[Start of Attachment]
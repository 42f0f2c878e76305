// The netlist with the test logic built in (stitched_netlist) is well formed, where a plan fits a netlist without gaps.
// Laws only; specs/FormedLaws.antt has the statements.
// IEEE Std 1149.1-2001: test logic architecture; the laws are own.
//
// - Its ports, drivers and readers are those of a well-formed netlist: counts of operands, one driver for each net
//   at most, drivers of outputs, inouts and of what is read, and where three-state gates stand
//   (`stitched_has_drivers`).
// - With the order and the cones of `stitched_netlist` it is well formed (`stitched_is_formed`).
// - What drives the nets of the controller and of the registers beside the boundary register is none of the
//   netlist's own cells (`stitched_logic_is_added`).
// By the contract of its law functions.

ghost use Rattle.stitched_netlist.specs.FormedLaws.{StitchedHasDrivers, StitchedIsFormed, StitchedLogicIsAdded};

use crate::ranks::{stitched_has_cones, stitched_is_ordered};
use crate::rows::{nets_have_rows, rows_stand_once, rows_stand_somewhere};
use netlist_model::laws::{bit_of_a_direction, numbers_of_a_dense_netlist};

/// Its ports, drivers and readers are those of a well-formed netlist.
pub fn stitched_has_drivers()
    ensures { StitchedHasDrivers }
{
    bit_of_a_direction();
    rows_stand_somewhere();
    rows_stand_once();
    nets_have_rows();
}

/// It is well formed.
pub fn stitched_is_formed()
    ensures { StitchedIsFormed }
{
    stitched_has_drivers();
    stitched_is_ordered();
    stitched_has_cones();
}

/// What drives the nets of the controller and of the registers beside the boundary register is none of the
/// netlist's own cells.
pub fn stitched_logic_is_added()
    ensures { StitchedLogicIsAdded }
{
    bit_of_a_direction();
    rows_stand_somewhere();
    rows_stand_once();
    nets_have_rows();
    numbers_of_a_dense_netlist();
}
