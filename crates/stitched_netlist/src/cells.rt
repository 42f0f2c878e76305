// Each cell of the netlist with the test logic built in (stitched_netlist): what it is, how many there are, which nets they
// drive and which they read, and the directions of nets. Laws only: specs/CellsLaws.antt, specs/Sizes.antt,
// specs/CellsLogic.antt and specs/Directions.antt have the statements; what each part's cells read stands for any test of
// nets in proofs/.
// IEEE Std 1149.1-2001: test logic architecture; the laws are own.
//
// - Each live cell is one of the core behind its boundary cells, under its own number, or one of a part of the
//   test logic, by its place in that part, and each of these is there.
// - How many cells and nets the parts have, and so the number of the first cell of each; the whole has no gaps
//   (`stitched_has_counts`).
// - What the gates read and drive stands in proofs/, for any test of nets.
// - The nets of the core keep their directions, those of the test access port have theirs, and no other net has
//   one (`stitched_directions`).
// By the contract of its law functions.

ghost use Rattle.stitched_netlist.specs.Sizes.{StitchedHasCounts};
ghost use Rattle.stitched_netlist.specs.Directions.{StitchedDirections};

use netlist_model::laws::bit_of_a_direction;

/// There are no gaps, and so many cells and nets.
pub fn stitched_has_counts()
    ensures { StitchedHasCounts }
{}

/// The directions of nets.
pub fn stitched_directions()
    ensures { StitchedDirections }
{
    bit_of_a_direction();
}
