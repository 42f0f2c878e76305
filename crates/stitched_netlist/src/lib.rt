// The netlist with a plan's test logic built in, as a function, and laws of it.
// IEEE Std 1149.1-2001: test logic architecture, boundary-scan register; the laws are own.
//
// - `model`: the netlist. Definitions.
// - `places`, `inside`: where each part stands, and the core in it, in every netlist that extends it.
// - `cells`, `rows`, `ranks`, `formed`: its cells, its boundary rows, an order of its nets, and that it is well formed.
// - `runs`: the law of the insertion: it realises the chip, is the core alone, finds home.
#![tactic(auto)]

pub mod cells;
pub mod formed;
pub mod inside;
pub mod lower_netlist_unlink;
pub mod lower_plan_fitting;
pub mod model;
pub mod places;
pub mod ranks;
pub mod rows;
pub mod runs;
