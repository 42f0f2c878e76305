// What numbers the nets of the netlist with the test logic built in (stitched_netlist), and what clocks, clears
// and presets there.
// Each function has nothing to do; specs/RanksLaws.antt has the statements.
// IEEE Std 1149.1-2001: test logic architecture, boundary-scan register; the laws are own.
//
// - Its nets can be numbered so that each gate's stands above those that it reads (`stitched_is_ordered`), and the
//   cones of its clocks, clears and presets hold input bits, constants and gates only (`stitched_has_cones`).
// - It has the netlist's pins and those of the test access port, each on one net (`stitched_has_pins`), and its
//   control ports are exactly the netlist's, TCK and TRST (`stitched_has_controls`).
// By the contract of its law functions.

ghost use Rattle.stitched_netlist.specs.RanksLaws.{StitchedIsOrdered, StitchedHasCones, StitchedHasControls, StitchedHasPins};

use crate::cells::stitched_directions;
use crate::places::{stitched_holds_its_parts, stitched_holds_the_core};
use netlist_model::laws::{
    bit_of_a_direction, direction_of_a_bit, driver_is_found, found_driver_drives,
};
use plan_fitting::control_cells_are_there;
use plan_fitting::devices::{plans_suit_netlists, rows_stand_at_bits, rows_take_the_core};
use surrounded_core::levels::{
    bypass_stands_above, copies_stand_above, ident_stands_above, matches_stand_above,
    parts_stand_above, rows_stand_above, selections_stand_above, stages_stand_above,
    stands_by_place, tap_stands_above, tdo_stands_above,
};

/// The nets can be numbered so that what a gate reads has smaller numbers than what it drives.
pub fn stitched_is_ordered()
    ensures { StitchedIsOrdered }
{
    direction_of_a_bit();
    driver_is_found();
    found_driver_drives();
    control_cells_are_there();
    tap_stands_above();
    stages_stand_above();
    matches_stand_above();
    selections_stand_above();
    copies_stand_above();
    bypass_stands_above();
    ident_stands_above();
    parts_stand_above();
    rows_stand_above();
    tdo_stands_above();
    stands_by_place();
}

/// Nothing but input bits and gates clocks, clears or presets.
pub fn stitched_has_cones()
    ensures { StitchedHasCones }
{
    direction_of_a_bit();
    driver_is_found();
    found_driver_drives();
    control_cells_are_there();
    rows_take_the_core();
    plans_suit_netlists();
    rows_stand_at_bits();
    stitched_holds_the_core();
    stitched_directions();
}

/// The input bits that do are the core's, and TCK and TRST.
pub fn stitched_has_controls()
    ensures { StitchedHasControls }
{
    bit_of_a_direction();
    direction_of_a_bit();
    driver_is_found();
    found_driver_drives();
    control_cells_are_there();
    rows_take_the_core();
    plans_suit_netlists();
    rows_stand_at_bits();
    stitched_holds_its_parts();
    stitched_holds_the_core();
    stitched_directions();
}

/// The pins of the core and the inputs of the test access port are there, each on one net and no two on the same.
pub fn stitched_has_pins()
    ensures { StitchedHasPins }
{
    bit_of_a_direction();
}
[End of Attachment]
§ ASSIGNMENT:
Looking at the material above, count the lines where the word "controller" occurs, and answer with that count alone.

§ RESPONSE TO THE EXERCISE:
2